Let's fit the isothermal bulk moduli and their pressure derivatives from the MPDS pV-data and compare with the experimental values:

In [ ]:
def get_cell_volume(a, b, c, alpha, beta, gamma):
    '''
    Calculate V from cell parameters.
    NB ab_normal and a_direction are standard.
    '''
    return abs(
        det(
            cellpar_to_cell([a, b, c, alpha, beta, gamma])
        )
    )
In [ ]:
pvts = {}

for matrix in client.get_data(
    {"props": "cell parameters - pressure diagram"},
    phases=set(dfrm_k0p['Phase'].tolist()), # only those phases we have experimental bulk modulus
    fields={}                               # all fields
):
    try: decks = matrix['sample']['measurement'][0]['property']['matrix']
    except KeyError:
        warnings.warn('Error: there is no expected property in the entry %s' % matrix)
        continue

    p_all, v_all, t_all = [], [], []
    for deck in decks:
        p, t, v = deck[0], deck[1], get_cell_volume(*deck[2:])
        p_all.append(p)
        v_all.append(v)
        t_all.append(t)

    # TODO here in principle we should do something smarter
    # than just omitting the data for the same phase
    if matrix['sample']['material']['phase_id'] in pvts and len(pvts[ matrix['sample']['material']['phase_id'] ][0]) > len(p_all):
            warnings.warn('Skipping entry %s' % matrix['sample']['material']['entry'])
            continue

    pvts[ matrix['sample']['material']['phase_id'] ] = [matrix['sample']['material']['entry'], p_all, v_all, t_all]

pvts = [[key] + value for key, value in pvts.items()]
pvts = pd.DataFrame(pvts, columns=['Phase', 'Entry', 'P', 'V', 'T'])
print(pvts)
In [ ]:
dfrm = avg_k0.merge(pvts, how='inner', on='Phase')

for n, system in dfrm.iterrows():

    params = exp_bm3.make_params(v0=system['V'][0], k0=system['avg_k0'], k0p=system['avg_k0p'])

    fitresult_bm3 = exp_bm3.fit(system['P'], params, v=system['V'], weights=None)
    if abs(fitresult_bm3.params['k0'].value - system['avg_k0']) > 50:
        # show the discrepancies, if any
        print("*" * 30 + " Distinct phase https://mpds.io/#phase_id/%s " % system['Phase'] + "*" * 30)
        print("BM_fit: %4.1f 	 BM_exp: %4.1f" % (fitresult_bm3.params['k0'].value, system['avg_k0'])
        print("BM0p_fit: %1.2f 	 BM0p_exp: %1.2f" % (fitresult_bm3.params['k0p'].value, system['avg_k0p'])

Were you able to follow everything?
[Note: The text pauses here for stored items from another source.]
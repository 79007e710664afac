//! A branch: the lists of the heights that are held, one block more, and one less.

ghost use Rattle.std.specs.Prelude.{◌≡◌, ℕ, ◌*◌, ◌+◌, ◌-◌, ◌≤◌, ◌&&◌, ◌%◌, ◌^◌, ◌==◌, [], Some, IfOk, IfErr, IfSome, MatchBool, OnOk, OnErr, find, is_some, length, map, max, nat_le, slice_get, ◌<◌, Ok, Err, None, drop, vec_capacity, vec_len};
ghost use Rattle.std.specs.List.{AllByRecursion};
ghost use Rattle.std.specs.Option.{option_copied, option_map};
ghost use Rattle.std.specs.Str.{bytes_eq};
ghost use Rattle.dmn_block.specs.Defs.{IsBlock};
ghost use Rattle.dmn_block.specs.declared.frame.BlockFrame.{BlockFrame};
ghost use Rattle.dmn_bytes.specs.declared.hash.Hash256.{Hash256};
ghost use Rattle.dmn_bytes.specs.Points.{hash_cmp};
ghost use Rattle.dmn_held.specs.Defs.{IsHeld as HasForm};
ghost use Rattle.dmn_indexes.specs.Marks.{Cut, IsBelow, SameNodes};
ghost use Rattle.dmn_indexes.specs.Version.{GrownBy};
ghost use Rattle.dmn_indexes.specs.Version as versions;
ghost use Rattle.dmn_rows.specs.declared.profile.Profile.{Profile};
ghost use Rattle.dmn_rows.specs.Defs.{IsStart, KeepsBounds};
ghost use Rattle.dmn_rows.specs.Listing.{OutputsAscend};
ghost use Rattle.dmn_rows.specs.Rows.{plain_rows};
ghost use Rattle.dmn_rows.specs.Start.{start_record};
ghost use Rattle.dmn_versions.specs.Trees.{IsSound};
ghost use Rattle.dmn_branch.specs.Asked.{told, lent_part, IsPageOf, IsToldOf, LeavesOut, Lends, hashes_gone, members_in, payee_of, payees_of, quorums_in, row_of, rows_at, seen_at};
ghost use Rattle.dmn_branch.specs.Coinbases.{coinbase_of, part_of};
ghost use Rattle.dmn_branch.specs.Compact.{MoreByAtMost};
ghost use Rattle.dmn_branch.specs.declared.held.Held.{Held};
ghost use Rattle.dmn_branch.specs.Fault.{Tells, TellsFull, TellsRule};
ghost use Rattle.dmn_branch.specs.Holds.{Holds};
ghost use Rattle.dmn_branch.specs.Lean.{IsLean};
ghost use Rattle.dmn_branch.specs.Machine as machine;
ghost use Rattle.dmn_branch.specs.Machine.{MachineState};
ghost use Rattle.dmn_branch.specs.Drawn.{IsDrawnFor, drawn_by};
ghost use Rattle.dmn_branch.specs.Parts.{StandsIn, IsSettled, IsTreeOf, all_formed_in, formed_in};
ghost use Rattle.dmn_branch.specs.Pins.{free_number, no_pins, number_after, pin_of};
ghost use Rattle.dmn_quorums.specs.Duty.{types_of};
ghost use Rattle.dmn_branch.specs.Stands.{StandsFor, IsAlike, IsNext, IsReady, IsHeld, IsLeft, IsWhole, HoldsBase, kept_at, kept_in, low_kept, marks_over, prepared_in, tip_kept, IsAboveFloor, low_of, floor_kept};
ghost use Rattle.dmn_branch.specs.Replay.{IsLawful};
ghost use Rattle.dmn_branch.specs.Step.{profile_of as profile_by, most_rows};
ghost use Rattle.dmn_walk.specs.Page.{IsReady as IsReadable, pairs_left};

use crate::asked::{payees_of, row_of};
use crate::change::{RowChange, change};
use crate::coinbase::coinbase_part;
use crate::compaction::{Compaction, is_due, versions};
use crate::drawn::Drawn;
use crate::fault::{DisconnectRefusal, PinFault, PrepareFault};
use crate::from_data::{fits_heights, held_list, mined_of};
use crate::held::{HeightVersion, Held, HeldList, Prepared};
use crate::listing::Listing;
use crate::origin::origin;
use crate::pins::{Pin, PinList};
use crate::quorums::{inside, members_of, undrawn};
use crate::setting::Setting;
use crate::step::advance;
use crate::tip::Tip;
use crate::to_data::data_of;
use dmn_block::{BlockFrame, Refusal, check_shape};
use dmn_bytes::{Hash256, Memory, is_zero};
use dmn_held::SnapshotData;
use dmn_indexes::Indexes;
use dmn_merkle::Branching;
use dmn_payloads::Commitment;
use dmn_quorums::{Forming, Mined, base_of, in_window, params_of};
use dmn_restore::{DataFault, restore};
use dmn_rows::{MnRow, Profile, QuorumParams, Rule, StartRecord, profile_of};
use dmn_tx::Tx;
use dmn_versions::Root;
use dmn_walk::{Pairs, page};
use std::alloc::Global;
use std::marker::Model;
Please, try to answer:

  • Why did the discrepancies occur?
  • What other thermodynamic properties can be calculated via EoS?
  • Given a certain (e.g. unfamiliar and hypothetical) crystalline structure, how can we calculate its isothermal bulk modulus? What about its adiabatic bulk modulus?

PS don't forget to invalidate (revoke) your API key.